[IFFMH 2020] “Fauna” de Nicolas Pereda

Par Boustoune

[Pushing the boundaries]

De quoi ça parle ?

De Luisa (Luisa Pardo), une apprentie actrice qui va passer quelques jours chez ses parents dans un coin perdu du Mexique, pour leur présenter son petit-ami, Paco (Francisco Barreiro), également acteur.
Le jeune homme se sent vite mal à l’aise en présence du père (José Rodríguez López) et du frère aîné (Lázaro Gabino Rodríguez) de sa dulcinée, types bourrus et peu accueillants. Et le malaise va s’amplifier quand ils vont lui demander de rejouer l’une des scènes de la série dans laquelle il a eu un petit rôle, « Narcos ».
Voilà, en gros, pour la première partie du film…

De quoi ça parle ?

D’un homme (Lázaro Gabino Rodríguez) qui débarque dans un coin perdu du Mexique pour y rencontrer un mystérieux contact, Rosendo Mendieta. Mais celui-ci semble avoir disparu. Cherchant à en savoir plus, l’homme fait la connaissance de Flora (Luisa Pardo), une sorte de femme fatale locale, puis de sa sœur jumelle Fauna (toujours Luisa Pardo), acoquinée avec un truand.
Ca, c’est pour la seconde partie du film, qui correspond à l’intrigue du livre que lit Gabino, le frère de Luisa…

Pourquoi on est divisé ?

Le dispositif en deux parties, avec une histoire dans l’histoire, est plutôt séduisant et sert, du moins sur le papier, l’intention du cinéaste, qui est de montrer à quel point la société mexicaine est contaminée par la fascination pour les gangsters, petits voyous ou narco-trafiquants, et par la violence. C’est un peu le cercle vicieux : pour incarner des gangsters, les acteurs comme Paco s’inspirent de types brutaux et patibulaires, et les gros durs comme Gabino sont fascinés par les séries violentes et les romans noirs… On adore également l’idée de la gémellité entre la violence psychologique – celle que subit Paco, d’une certaine façon – et la violence physique – celle que subie le protagoniste de la seconde histoire, victime du fiancé de Fauna, comme si ces deux violences indissociables constituaient la flore vénéneuse et la faune venimeuse du Mexique.
Le problème, c’est que ce lien est plus théorique que très concret à l’écran. Les deux parties sont assez abruptes, relativement courtes et elliptiques. Trop, peut-être – l’ensemble ne dure que 70 minutes. Comme elles semblent n’avoir ni début, ni fin, on peut difficilement s’y projeter et ressentir le climat angoissant que le film est censé véhiculer. Une séquence finale façon Lost Highway, bouclant la boucle aurait pu permettre de relier l’ensemble des éléments et donner à l’oeuvre une autre ampleur. Là, on reste un peu sur notre faim, et Fauna, malgré ses belles promesses, reste aussi aride que les “tierras calientes” du Mexique.

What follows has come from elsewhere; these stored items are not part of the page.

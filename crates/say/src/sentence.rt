//! The sentence of a step.

ghost use Rattle.std.specs.Prelude.{◌≡◌, ◌≤◌, ◌++◌, length};
ghost use Rattle.arrayvec.specs.ArrayVec.{array_vec_len};
ghost use Rattle.cpu.specs.Asking.{interrupt_asked};
ghost use Rattle.say.specs.Sentences.{asks, carries, entered, executed, leaves_out, left_out, sentence, taken};

use crate::executed::{executed, leaves_out, left_out};
use crate::inputs::{asks, carries, taken};
use crate::instruction::instruction_at;
use crate::places::Places;
use crate::values::Values;
use arrayvec::ArrayVec;
use cpu::{Fetched, Input, Instruction, Machine, NextStep};
use words::push_all;

/// The most bytes of a sentence, before what it tells of stands in it.
const SENTENCE: usize = 192;

/// A sentence, before what it tells of stands in it.
pub(crate) type Sentence = ArrayVec<u8, SENTENCE>;

/// What the next step does.
pub(crate) fn sentence_of(
    machine: &Machine,
    places: &Places,
    before: &Values,
    step: &NextStep,
) -> Sentence
    ensures { result.items ≡ sentence machine.now places.now before.now step.now }
{
    match step {
        NextStep::Takes(input) => input_sentence(machine, before, input),
        NextStep::Enters(_) => whole(entered()),
        NextStep::Executes(fetched) => {
            let instruction = instruction_at(fetched.word, fetched.extra);
            executed_sentence(machine.inside(), fetched, places, before, instruction)
        }
    }
}

/// What an instruction does, and what it leaves out.
fn executed_sentence(
    inside: bool,
    fetched: &Fetched,
    places: &Places,
    before: &Values,
    instruction: Instruction,
) -> Sentence
    ensures { result.items ≡ executed inside fetched.now places.now before.now instruction
        ++ left_out (leaves_out places.now before.now instruction) }
{
    let mut text = whole(executed(inside, fetched, places, before, instruction));
    push_all(&mut text, left_out(leaves_out(places, before, instruction)));
    text
}

/// What an input does, gives to another counter, and asks for.
fn input_sentence(machine: &Machine, before: &Values, input: &Input) -> Sentence
    ensures { result.items ≡ taken input.now before.now ++ carries machine.now input.now
        ++ asks (interrupt_asked machine.now input.now) }
{
    let mut text = whole(taken(input, before));
    push_all(&mut text, carries(machine, input));
    push_all(&mut text, asks(machine.interrupt_asked(*input)));
    text
}

/// What the entry of an interrupt does.
fn entered() -> &'static [u8]
    ensures text { result.now ≡ entered }
    ensures short { length result.now ≤ 160 }
{
    b"The interrupt ~ is entered: ZRUPT keeps where to go on, and BRUPT the word that is put off. What it changes of \
        A, L and Q the handler has to put back."
}

/// A sentence of its bytes.
fn whole(text: &[u8]) -> Sentence
    requires { length text.now ≤ 160 }
    ensures items { result.items ≡ text.now }
    ensures len { array_vec_len result ≡ length text.now }
{
    let mut sentence = ArrayVec::new();
    push_all(&mut sentence, text);
    sentence
}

Le film séduit plus par son côté ludique et malicieux, par le plaisir du jeu, notamment du jeu d’acteur. Le cinéaste s’amuse avec sa thématique du double et du double inversé. Il offre à ses acteurs l’occasion de montrer toutes les facettes de leur talent en incarnant de multiples personnages. Si, dans la première partie, Francisco Barreiro incarne un type assez faible, dominé par sa belle-famille, dans la première partie, il joue un voyou inquiétant dans la seconde. Et Lázaro Gabino Rodríguez, après avoir incarné, chauve, un frangin pas commode dans la première moitié du film, joue, perruqué, un héros maltraité dans la deuxième. Luisa Pardo, elle, incarne pas moins de trois personnages, de l’actrice médiocre, confrontée à son manque de talent par sa propre mère, à la femme fatale. Ils semblent beaucoup s’amuser et leur plaisir est plutôt communicatif.

A l’arrivée, Fauna est un objet cinématographique atypique qui attisera peut-être la curiosité des cinéphiles les plus pointus, mais qui laissera sans doute sur le bord de la route le grand public. Il trouve en tout cas toute sa place dans un festival comme l’IFFMH, qui défend les propositions de 7ème Art avant-gardistes.

Autres avis sur le film

“There is a chilly gloom hanging over this movie, not unlike the films of Michelangelo Antonioni or Robert Bresson, chiseled with a lapidary precision but also, ultimately, devoid of a soul.”
(Ryan Lattanzio, Indiewire)

”a playful and enigmatic story within a story. Can’t say that I pieced it all together-not sure these pieces even belong to the same puzzle-but I couldn’t take my eyes off of it.”